**** RECORDED INFORMATION

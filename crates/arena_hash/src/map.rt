// Maps: their handles, and calls on one key.
ghost use Rattle.std.specs.Prelude.{◌≡◌, ◌+◌, ◌^◌, ◌<◌, ◌≤◌, ◌==◌, [], ◌∷◌, Some, IsTrue};
ghost use Rattle.std.specs.Prelude.{slice_get, slice_set};
ghost use Rattle.arena_chunks.specs.Memory.{is_readable};
ghost use Rattle.arena_chunks.specs.Frame.{AreBlocksApart, Frame};
ghost use Rattle.arena_items.specs.Room.{SamePlaces};
ghost use Rattle.arena_items.specs.Values.{bytes_of};
ghost use Rattle.hash_ring.specs.Finite.{has, value_of};
ghost use Rattle.arena_table.specs.Tables.{slots_in, HasFree, IsTableHandle, IsTableIn};
ghost use Rattle.arena_table.specs.Contents.{kind, content_in};
ghost use Rattle.arena_hash.specs.Maps.{IsMapIn, IsLookIn, map_in};
ghost use Rattle.arena_hash.specs.Changes.{Puts, TakesOut, is_value};

use arena_chunks::{Allocator, ChunkSource};
use arena_items::{Grown, Item};
use arena_table::{ArenaKey, PutValue, Table, find, value_at};
use hash_ring::{FxHasher, KeyHasher, Spot, limit_of};
use std::marker::PhantomData;

/// A finite map by the content of its keys. It is a handle: two of them may refer to the same table.
#[derive(Clone, Copy)]
pub struct HashMap<K, V, S = FxHasher> {
    /// Where the pairs are stored.
    pub table: Table<K, V>,
    /// The number of pairs.
    pub len: u32,
    /// What hashes the keys' contents.
    pub hasher: S,
}

/// The name of this type in the Rust crate.
pub type ArenaHashMap<K, V, S = FxHasher> = HashMap<K, V, S>;

/// Where a map's search for a content ended, with the content's hash. As long as the map is unchanged, a key with that
/// content goes there.
#[derive(Clone, Copy)]
pub struct Look {
    pub(crate) hash: u64,
    pub(crate) spot: Spot,
}

impl<K: ArenaKey, V: Item, S: KeyHasher> HashMap<K, V, S> {
    // The hash of a key.
    #[inline]
    pub(crate) fn hash_of<C: ChunkSource>(&self, a: &Allocator<C>, key: K) -> u64
        requires { IsTrue (is_readable a.now.memory.state (K.key.text key)) }
        ensures { result ≡ S.hash_of self.now.hasher (content_in K.key a.now.memory key) }
    {
        let mut room = [0u8; 16];
        self.hasher.hash(key.content(a, &mut room))
    }

    // Searches the table's bytes for a content.
    #[inline(always)]
    pub(crate) fn look_by<C: ChunkSource>(
        &self,
        a: &Allocator<C>,
        bytes: &[u8],
        wanted: &[u8],
    ) -> Look
        requires keys_small { K.SIZE ≤ 2 ^ 24 }
        requires values_small { V.SIZE ≤ 2 ^ 24 }
        requires held { IsTableIn
            (kind K.Item K.key V.Item S.hash_of) a.now.memory self.now.hasher self.now.table }
        requires bytes { bytes.now ≡ bytes_of a.now.memory self.now.table.block }
        requires free { 0 < self.now.table.slots → HasFree K.Item V.Item a.now.memory self.now.table }
        ensures { IsLookIn
            (kind K.Item K.key V.Item S.hash_of) a.now.memory self.now wanted.now result }
    {
        let hash = self.hasher.hash(wanted);
        let spot = if self.table.slots == 0 {
            Spot::Open { at: 0, mark: 0 }
        } else {
            find(a, self.table, bytes, hash, wanted)
        };
        Look { hash, spot }
    }

    // Searches for a key.
    #[inline(always)]
    pub(crate) fn look<C: ChunkSource>(&self, a: &Allocator<C>, key: K) -> Look
        requires keys_small { K.SIZE ≤ 2 ^ 24 }
        requires values_small { V.SIZE ≤ 2 ^ 24 }
        requires held { IsTableIn
            (kind K.Item K.key V.Item S.hash_of) a.now.memory self.now.hasher self.now.table }
        requires free { 0 < self.now.table.slots → HasFree K.Item V.Item a.now.memory self.now.table }
        requires text { IsTrue (is_readable a.now.memory.state (K.key.text key)) }
        ensures { IsLookIn (kind K.Item K.key V.Item S.hash_of) a.now.memory self.now
            (content_in K.key a.now.memory key) result }
    {
        let mut room = [0u8; 16];
        let wanted = key.content(a, &mut room);
        self.look_by(a, a.read(self.table.block), wanted)
    }

    // The value in a slot.
    #[tactic(auto, using(arena_table::proofs::HandleLemmas::handle_laws))]
    #[inline(always)]
    fn value<C: ChunkSource>(&self, a: &Allocator<C>, at: u64) -> V
        requires keys_small { K.SIZE ≤ 2 ^ 24 }
        requires values_small { V.SIZE ≤ 2 ^ 24 }
        requires handle { IsTableHandle K.Item V.Item a.now.memory self.now.table }
        requires index { at < self.now.table.slots }
        ensures { (x : K × V) → slice_get (slots_in K.Item V.Item a.now.memory self.now.table) at ≡ Some
            (Some x) → result ≡ x.1 }
    {
        value_at::<K, V>(a.read(self.table.block), self.table.slots, at)
    }

    /// Returns the number of pairs.
    #[inline]
    pub fn len(&self) -> u32
        ensures { result ≡ self.now.len }
    {
        self.len
    }

    /// Returns whether there is no pair.
    #[inline]
    pub fn is_empty(&self) -> bool
        ensures { result ≡ (self.now.len == 0) }
    {
        self.len == 0
    }

    /// Returns the value of a key, if the key is there.
    #[inline(always)]
    pub fn get<C: ChunkSource>(&self, a: &Allocator<C>, key: K) -> Option<V>
        requires keys_small { K.SIZE ≤ 2 ^ 24 }
        requires values_small { V.SIZE ≤ 2 ^ 24 }
        requires held { IsMapIn (kind K.Item K.key V.Item S.hash_of) a.now.memory self.now }
        requires text { IsTrue (is_readable a.now.memory.state (K.key.text key)) }
        ensures { result ≡ value_of (map_in (kind K.Item K.key V.Item S.hash_of) a.now.memory self.now
            (content_in K.key a.now.memory key)) }
    {
        let mut room = [0u8; 16];
        let wanted = key.content(a, &mut room);
        self.get_by(a, wanted)
    }

    /// Returns the value of the key with this content, so that a text can be looked up without placing it.
    #[inline(always)]
    pub fn get_by<C: ChunkSource>(&self, a: &Allocator<C>, content: &[u8]) -> Option<V>
        requires keys_small { K.SIZE ≤ 2 ^ 24 }
        requires values_small { V.SIZE ≤ 2 ^ 24 }
        requires held { IsMapIn (kind K.Item K.key V.Item S.hash_of) a.now.memory self.now }
        ensures { result ≡ value_of (map_in (kind K.Item K.key V.Item S.hash_of) a.now.memory self.now
            content.now) }
    {
        self.search(a, content).0
    }

    /// Returns the value of the key with this content, and where the search for it ended: `insert_at` puts a key with
    /// this content there.
    #[inline(always)]
    pub fn search<C: ChunkSource>(&self, a: &Allocator<C>, content: &[u8]) -> (Option<V>, Look)
        requires keys_small { K.SIZE ≤ 2 ^ 24 }
        requires values_small { V.SIZE ≤ 2 ^ 24 }
        requires held { IsMapIn (kind K.Item K.key V.Item S.hash_of) a.now.memory self.now }
        ensures value { result.0 ≡ value_of (map_in
            (kind K.Item K.key V.Item S.hash_of) a.now.memory self.now content.now) }
        ensures look { IsLookIn
            (kind K.Item K.key V.Item S.hash_of) a.now.memory self.now content.now result.1 }
    {
        let bytes = a.read(self.table.block);
        let look = self.look_by(a, bytes, content);
        match look.spot {
            Spot::Taken { at } => (Some(value_at::<K, V>(bytes, self.table.slots, at)), look),
            Spot::Open { .. } => (None, look),
        }
    }

    /// Returns whether a key is there.
    #[inline(always)]
    pub fn contains_key<C: ChunkSource>(&self, a: &Allocator<C>, key: K) -> bool
        requires keys_small { K.SIZE ≤ 2 ^ 24 }
        requires values_small { V.SIZE ≤ 2 ^ 24 }
        requires held { IsMapIn (kind K.Item K.key V.Item S.hash_of) a.now.memory self.now }
        requires text { IsTrue (is_readable a.now.memory.state (K.key.text key)) }
        ensures { result ≡ has (map_in (kind K.Item K.key V.Item S.hash_of) a.now.memory self.now)
            (content_in K.key a.now.memory key) }
    {
        self.get(a, key).is_some()
    }

    /// Inserts a pair, and returns the previous value of the key. A key that is there stays, with the new value.
    ///
    /// # Errors
    ///
    /// `CapacityOverflow` if the key is new and there are 4,294,967,295 pairs; `AllocErr` and `OutOfMemory` as for the
    /// arena's `alloc_layout`, if the key is new and the table is full. The map and the memory are unchanged.
    #[inline(always)]
    pub fn insert<C: ChunkSource>(
        &mut self,
        a: &mut Allocator<C>,
        key: K,
        value: V,
    ) -> Grown<Option<V>>
        requires keys_small { K.SIZE ≤ 2 ^ 24 }
        requires values_small { V.SIZE ≤ 2 ^ 24 }
        requires held { IsMapIn (kind K.Item K.key V.Item S.hash_of) a.old.memory self.old }
        requires text { IsTrue (is_readable a.old.memory.state (K.key.text key)) }
        requires apart { AreBlocksApart (K.key.text key) self.old.table.block }
        ensures { Puts (kind K.Item K.key V.Item S.hash_of) a.old a.new self.old key value is_value
            self.new result }
    {
        let look = self.look(a, key);
        self.insert_at(a, look, key, value)
    }

    /// Inserts a pair as `insert` does, where the search for the key's content ended. The map must be unchanged since
    /// then.
    ///
    /// # Errors
    ///
    /// As for `insert`.
    #[inline(always)]
    pub fn insert_at<C: ChunkSource>(
        &mut self,
        a: &mut Allocator<C>,
        look: Look,
        key: K,
        value: V,
    ) -> Grown<Option<V>>
        requires keys_small { K.SIZE ≤ 2 ^ 24 }
        requires values_small { V.SIZE ≤ 2 ^ 24 }
        requires held { IsMapIn (kind K.Item K.key V.Item S.hash_of) a.old.memory self.old }
        requires text { IsTrue (is_readable a.old.memory.state (K.key.text key)) }
        requires apart { AreBlocksApart (K.key.text key) self.old.table.block }
        requires look { IsLookIn (kind K.Item K.key V.Item S.hash_of) a.old.memory self.old
            (content_in K.key a.old.memory key) look }
        ensures { Puts (kind K.Item K.key V.Item S.hash_of) a.old a.new self.old key value is_value
            self.new result }
    {
        match look.spot {
            Spot::Taken { at } => Ok(Some(self.replace(a, at, value))),
            Spot::Open { at, mark } => {
                if (self.len as u64) < limit_of(self.table.slots) {
                    self.table
                        .put(a, &self.hasher, look.hash, at, mark, key, value);
                    self.len += 1;
                    Ok(None)
                } else {
                    // A copy, so that the key itself stays in registers.
                    let apart = key;
                    self.insert_grown(a, look.hash, apart, value)
                }
            }
        }
    }

    // Replaces the value in a slot, and returns the old one.
    #[inline(always)]
    fn replace<C: ChunkSource>(&self, a: &mut Allocator<C>, at: u64, value: V) -> V
        requires keys_small { K.SIZE ≤ 2 ^ 24 }
        requires values_small { V.SIZE ≤ 2 ^ 24 }
        requires held { IsTableIn
            (kind K.Item K.key V.Item S.hash_of) a.old.memory self.now.hasher self.now.table }
        requires taken { (x : K × V) × (slice_get (slots_in K.Item V.Item a.old.memory self.now.table) at
            ≡ Some (Some x)) }
        ensures held { IsTableIn
            (kind K.Item K.key V.Item S.hash_of) a.new.memory self.now.hasher self.now.table }
        ensures replaced { (x : K × V) → slice_get (slots_in K.Item V.Item a.old.memory self.now.table) at
            ≡ Some (Some x)
            → (result ≡ x.1) × (slots_in K.Item V.Item a.new.memory self.now.table
            ≡ slice_set (slots_in K.Item V.Item a.old.memory self.now.table) at (Some (x.0, value))) }
        ensures places { SamePlaces a.old a.new }
        ensures frame { Frame a.old.memory a.new.memory (self.now.table.block ∷ [])
            (self.now.table.block ∷ []) }
    {
        let old = self.value(a, at);
        let put = PutValue::<K, V> {
            slots: self.table.slots,
            at,
            value,
            of: PhantomData,
        };
        a.write_with(self.table.block, 0, self.table.block.size, &put);
        old
    }

    /// Removes a key, and returns its value, if the key was there.
    #[inline(always)]
    pub fn remove<C: ChunkSource>(&mut self, a: &mut Allocator<C>, key: K) -> Option<V>
        requires keys_small { K.SIZE ≤ 2 ^ 24 }
        requires values_small { V.SIZE ≤ 2 ^ 24 }
        requires held { IsMapIn (kind K.Item K.key V.Item S.hash_of) a.old.memory self.old }
        requires text { IsTrue (is_readable a.old.memory.state (K.key.text key)) }
        ensures { TakesOut (kind K.Item K.key V.Item S.hash_of) a.old a.new self.old key is_value
            self.new result }
    {
        match self.look(a, key).spot {
            Spot::Taken { at } => {
                let value = self.value(a, at);
                self.table.close(a, &self.hasher, at);
                self.len -= 1;
                Some(value)
            }
            Spot::Open { .. } => None,
        }
    }
}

********

* [PROBLEM DESCRIPTION]
Look above for the line holding "content: &[u8]) -> Option<V>" and the line holding "a.now.memory self.now content.now)". Retype both, and every line between them, word for word and nothing else.

* [SOLUTION FOR THIS EXERCISE]
    pub fn get_by<C: ChunkSource>(&self, a: &Allocator<C>, content: &[u8]) -> Option<V>
        requires keys_small { K.SIZE ≤ 2 ^ 24 }
        requires values_small { V.SIZE ≤ 2 ^ 24 }
        requires held { IsMapIn (kind K.Item K.key V.Item S.hash_of) a.now.memory self.now }
        ensures { result ≡ value_of (map_in (kind K.Item K.key V.Item S.hash_of) a.now.memory self.now
            content.now) }
    {
        self.search(a, content).0
    }

    /// Returns the value of the key with this content, and where the search for it ended: `insert_at` puts a key with
    /// this content there.
    #[inline(always)]
    pub fn search<C: ChunkSource>(&self, a: &Allocator<C>, content: &[u8]) -> (Option<V>, Look)
        requires keys_small { K.SIZE ≤ 2 ^ 24 }
        requires values_small { V.SIZE ≤ 2 ^ 24 }
        requires held { IsMapIn (kind K.Item K.key V.Item S.hash_of) a.now.memory self.now }
        ensures value { result.0 ≡ value_of (map_in
            (kind K.Item K.key V.Item S.hash_of) a.now.memory self.now content.now) }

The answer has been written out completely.